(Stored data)
+-------+

//! The printed endings of threads, those too that no file of the built form comes to.

use built_code::TrapKind;
use built_model::End;
use built_reports::write_ending;
use rt_base::{CallList, MemSink};
use std::test::Fail;

/// How a thread ended, and what its line says.
const ENDINGS: [(End, &str); 20] = [
    (End::Returned, "thread 7: returned\n"),
    (End::Exited(0), "thread 7: exited 0\n"),
    (End::Exited(-3), "thread 7: exited -3\n"),
    (End::Exited(2147483647), "thread 7: exited 2147483647\n"),
    (End::Halted, "thread 7: halted\n"),
    (End::Stopped, "thread 7: stopped after 10000000 events\n"),
    (End::Waiting, "thread 7: waiting after 2000000 tries\n"),
    (End::Full, "thread 7: full\n"),
    (
        End::Trapped(TrapKind::NullAccess),
        "thread 7: trapped null-access\n",
    ),
    (
        End::Trapped(TrapKind::BadAccess),
        "thread 7: trapped bad-access\n",
    ),
    (
        End::Trapped(TrapKind::BadPointer),
        "thread 7: trapped bad-pointer\n",
    ),
    (
        End::Trapped(TrapKind::BadWord),
        "thread 7: trapped bad-word\n",
    ),
    (
        End::Trapped(TrapKind::Overflow),
        "thread 7: trapped overflow\n",
    ),
    (
        End::Trapped(TrapKind::Division),
        "thread 7: trapped division\n",
    ),
    (End::Trapped(TrapKind::Shift), "thread 7: trapped shift\n"),
    (
        End::Trapped(TrapKind::NullCall),
        "thread 7: trapped null-call\n",
    ),
    (
        End::Trapped(TrapKind::StackOverflow),
        "thread 7: trapped stack-overflow\n",
    ),
    (
        End::Trapped(TrapKind::BadFree),
        "thread 7: trapped bad-free\n",
    ),
    (
        End::Trapped(TrapKind::BadUnlock),
        "thread 7: trapped bad-unlock\n",
    ),
    (End::Trapped(TrapKind::Abort), "thread 7: trapped abort\n"),
];

#[test]
fn prints_endings(rt: HostRuntime) -> Result<(), Fail> {
    for (end, wanted) in ENDINGS {
        let mut sink = MemSink::new(rt.alloc(), 100, 7, CallList::new(rt.alloc()))?;
        let written = write_ending(7, end, &mut sink);
        assert!(rt; written.is_ok());
        assert_eq!(rt; sink.bytes(), wanted.as_bytes());
    }
    Ok(())
}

+-------+

Which lines above hold the string "Fail"? Copy every one of them.

use std::test::Fail;
fn prints_endings(rt: HostRuntime) -> Result<(), Fail> {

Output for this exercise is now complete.